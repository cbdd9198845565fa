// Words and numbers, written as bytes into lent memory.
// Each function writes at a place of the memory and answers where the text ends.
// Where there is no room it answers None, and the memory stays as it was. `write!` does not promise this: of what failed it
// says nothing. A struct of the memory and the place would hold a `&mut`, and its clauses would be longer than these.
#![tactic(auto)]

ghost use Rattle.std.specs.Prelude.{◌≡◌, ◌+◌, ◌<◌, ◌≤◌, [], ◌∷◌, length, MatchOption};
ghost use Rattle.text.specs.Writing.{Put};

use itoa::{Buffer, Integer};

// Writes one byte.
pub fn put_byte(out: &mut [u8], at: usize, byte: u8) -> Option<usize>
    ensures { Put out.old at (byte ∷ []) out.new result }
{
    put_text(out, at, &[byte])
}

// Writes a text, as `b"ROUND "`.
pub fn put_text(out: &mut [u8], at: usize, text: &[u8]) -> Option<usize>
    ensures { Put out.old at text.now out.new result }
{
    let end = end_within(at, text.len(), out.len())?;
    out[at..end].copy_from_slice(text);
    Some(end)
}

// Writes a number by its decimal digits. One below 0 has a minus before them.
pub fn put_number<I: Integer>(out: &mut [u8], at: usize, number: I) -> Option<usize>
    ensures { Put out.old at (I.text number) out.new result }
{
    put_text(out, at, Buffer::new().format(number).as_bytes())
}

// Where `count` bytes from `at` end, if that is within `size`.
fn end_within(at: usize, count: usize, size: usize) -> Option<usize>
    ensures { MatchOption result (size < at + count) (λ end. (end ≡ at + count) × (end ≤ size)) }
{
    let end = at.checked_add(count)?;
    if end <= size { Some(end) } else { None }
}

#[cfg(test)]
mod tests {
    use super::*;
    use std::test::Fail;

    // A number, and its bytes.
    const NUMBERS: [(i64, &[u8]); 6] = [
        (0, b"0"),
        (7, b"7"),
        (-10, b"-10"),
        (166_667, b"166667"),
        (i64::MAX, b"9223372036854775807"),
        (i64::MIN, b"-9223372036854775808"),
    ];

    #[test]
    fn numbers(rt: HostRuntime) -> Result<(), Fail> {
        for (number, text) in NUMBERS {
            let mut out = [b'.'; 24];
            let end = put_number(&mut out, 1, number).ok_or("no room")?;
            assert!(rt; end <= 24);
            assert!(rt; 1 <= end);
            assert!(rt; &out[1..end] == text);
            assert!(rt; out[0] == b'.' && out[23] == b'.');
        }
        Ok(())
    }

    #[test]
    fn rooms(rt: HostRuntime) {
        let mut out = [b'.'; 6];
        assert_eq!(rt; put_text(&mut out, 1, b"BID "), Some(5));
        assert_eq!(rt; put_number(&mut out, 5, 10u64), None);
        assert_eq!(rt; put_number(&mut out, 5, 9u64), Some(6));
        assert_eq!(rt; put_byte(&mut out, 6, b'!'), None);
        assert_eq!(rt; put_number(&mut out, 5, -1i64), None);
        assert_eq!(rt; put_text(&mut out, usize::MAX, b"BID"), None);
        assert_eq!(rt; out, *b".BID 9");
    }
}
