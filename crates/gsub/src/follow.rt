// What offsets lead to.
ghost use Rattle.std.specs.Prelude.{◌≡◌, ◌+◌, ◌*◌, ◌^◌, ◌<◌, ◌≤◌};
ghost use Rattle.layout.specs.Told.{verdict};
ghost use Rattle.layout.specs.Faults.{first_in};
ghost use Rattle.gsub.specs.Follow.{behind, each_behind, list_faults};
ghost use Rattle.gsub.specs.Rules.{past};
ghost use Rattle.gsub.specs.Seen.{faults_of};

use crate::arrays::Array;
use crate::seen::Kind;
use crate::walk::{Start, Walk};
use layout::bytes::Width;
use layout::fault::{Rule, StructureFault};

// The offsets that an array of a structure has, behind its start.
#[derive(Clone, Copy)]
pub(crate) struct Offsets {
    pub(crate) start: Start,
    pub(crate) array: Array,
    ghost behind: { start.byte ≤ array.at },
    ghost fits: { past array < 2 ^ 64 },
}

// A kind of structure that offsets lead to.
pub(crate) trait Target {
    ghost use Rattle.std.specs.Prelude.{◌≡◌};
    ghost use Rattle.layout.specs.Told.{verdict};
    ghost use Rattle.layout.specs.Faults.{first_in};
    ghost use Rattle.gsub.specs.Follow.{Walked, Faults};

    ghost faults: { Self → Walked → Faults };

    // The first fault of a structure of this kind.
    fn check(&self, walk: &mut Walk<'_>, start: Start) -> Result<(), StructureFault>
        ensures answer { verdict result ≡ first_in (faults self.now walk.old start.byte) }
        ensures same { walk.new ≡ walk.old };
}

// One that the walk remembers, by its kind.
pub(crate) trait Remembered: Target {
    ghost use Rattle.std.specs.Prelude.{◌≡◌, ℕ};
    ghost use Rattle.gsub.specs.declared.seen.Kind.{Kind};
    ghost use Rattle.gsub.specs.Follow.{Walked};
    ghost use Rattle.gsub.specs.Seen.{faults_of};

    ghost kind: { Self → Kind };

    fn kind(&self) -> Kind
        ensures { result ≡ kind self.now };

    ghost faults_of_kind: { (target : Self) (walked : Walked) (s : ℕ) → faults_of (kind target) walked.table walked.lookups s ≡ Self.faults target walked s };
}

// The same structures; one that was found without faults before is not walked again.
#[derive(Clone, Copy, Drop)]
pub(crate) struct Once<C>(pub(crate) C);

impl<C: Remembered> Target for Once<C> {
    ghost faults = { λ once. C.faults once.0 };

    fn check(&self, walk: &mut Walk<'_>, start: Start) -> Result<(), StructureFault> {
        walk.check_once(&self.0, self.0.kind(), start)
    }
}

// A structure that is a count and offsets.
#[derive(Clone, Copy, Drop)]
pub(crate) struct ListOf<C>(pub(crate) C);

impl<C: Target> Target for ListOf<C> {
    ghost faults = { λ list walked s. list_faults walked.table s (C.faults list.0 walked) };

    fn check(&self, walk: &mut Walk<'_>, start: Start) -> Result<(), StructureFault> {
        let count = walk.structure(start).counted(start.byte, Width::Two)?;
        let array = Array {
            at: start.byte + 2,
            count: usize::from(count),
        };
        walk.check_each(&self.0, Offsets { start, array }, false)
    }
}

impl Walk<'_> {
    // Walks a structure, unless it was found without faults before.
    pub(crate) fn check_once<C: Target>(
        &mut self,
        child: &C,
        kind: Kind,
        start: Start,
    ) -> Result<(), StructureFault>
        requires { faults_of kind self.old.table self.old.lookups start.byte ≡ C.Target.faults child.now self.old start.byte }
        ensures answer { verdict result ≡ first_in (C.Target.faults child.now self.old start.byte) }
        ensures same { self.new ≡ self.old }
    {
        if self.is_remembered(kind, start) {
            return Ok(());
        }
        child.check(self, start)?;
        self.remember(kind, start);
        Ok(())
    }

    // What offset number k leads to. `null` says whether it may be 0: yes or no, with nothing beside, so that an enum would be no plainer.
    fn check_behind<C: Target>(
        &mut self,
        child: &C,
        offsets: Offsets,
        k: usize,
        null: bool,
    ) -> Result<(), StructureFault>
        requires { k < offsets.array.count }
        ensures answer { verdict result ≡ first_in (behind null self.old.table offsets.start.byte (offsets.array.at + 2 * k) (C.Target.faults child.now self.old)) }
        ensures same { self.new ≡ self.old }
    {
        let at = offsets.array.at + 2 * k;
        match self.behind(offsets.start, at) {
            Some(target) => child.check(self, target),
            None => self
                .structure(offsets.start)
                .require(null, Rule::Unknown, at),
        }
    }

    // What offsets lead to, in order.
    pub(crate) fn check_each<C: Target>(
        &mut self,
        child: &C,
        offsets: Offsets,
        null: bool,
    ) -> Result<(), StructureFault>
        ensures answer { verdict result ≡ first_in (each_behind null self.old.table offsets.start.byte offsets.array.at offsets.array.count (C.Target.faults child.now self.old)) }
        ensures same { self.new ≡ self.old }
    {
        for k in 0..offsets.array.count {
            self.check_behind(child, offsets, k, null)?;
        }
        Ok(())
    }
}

------------------------------------

Problem
Reproduce word for word the lines of the records above, beginning at the first and ending with the line where "and its bytes." appears, and nothing past it.

Worked solution
repository cbdd9198845565fa
// Words and numbers, written as bytes into lent memory.
// Each function writes at a place of the memory and answers where the text ends.
// Where there is no room it answers None, and the memory stays as it was. `write!` does not promise this: of what failed it
// says nothing. A struct of the memory and the place would hold a `&mut`, and its clauses would be longer than these.
#![tactic(auto)]

ghost use Rattle.std.specs.Prelude.{◌≡◌, ◌+◌, ◌<◌, ◌≤◌, [], ◌∷◌, length, MatchOption};
ghost use Rattle.text.specs.Writing.{Put};

use itoa::{Buffer, Integer};

// Writes one byte.
pub fn put_byte(out: &mut [u8], at: usize, byte: u8) -> Option<usize>
    ensures { Put out.old at (byte ∷ []) out.new result }
{
    put_text(out, at, &[byte])
}

// Writes a text, as `b"ROUND "`.
pub fn put_text(out: &mut [u8], at: usize, text: &[u8]) -> Option<usize>
    ensures { Put out.old at text.now out.new result }
{
    let end = end_within(at, text.len(), out.len())?;
    out[at..end].copy_from_slice(text);
    Some(end)
}

// Writes a number by its decimal digits. One below 0 has a minus before them.
pub fn put_number<I: Integer>(out: &mut [u8], at: usize, number: I) -> Option<usize>
    ensures { Put out.old at (I.text number) out.new result }
{
    put_text(out, at, Buffer::new().format(number).as_bytes())
}

// Where `count` bytes from `at` end, if that is within `size`.
fn end_within(at: usize, count: usize, size: usize) -> Option<usize>
    ensures { MatchOption result (size < at + count) (λ end. (end ≡ at + count) × (end ≤ size)) }
{
    let end = at.checked_add(count)?;
    if end <= size { Some(end) } else { None }
}

#[cfg(test)]
mod tests {
    use super::*;
    use std::test::Fail;

    // A number, and its bytes.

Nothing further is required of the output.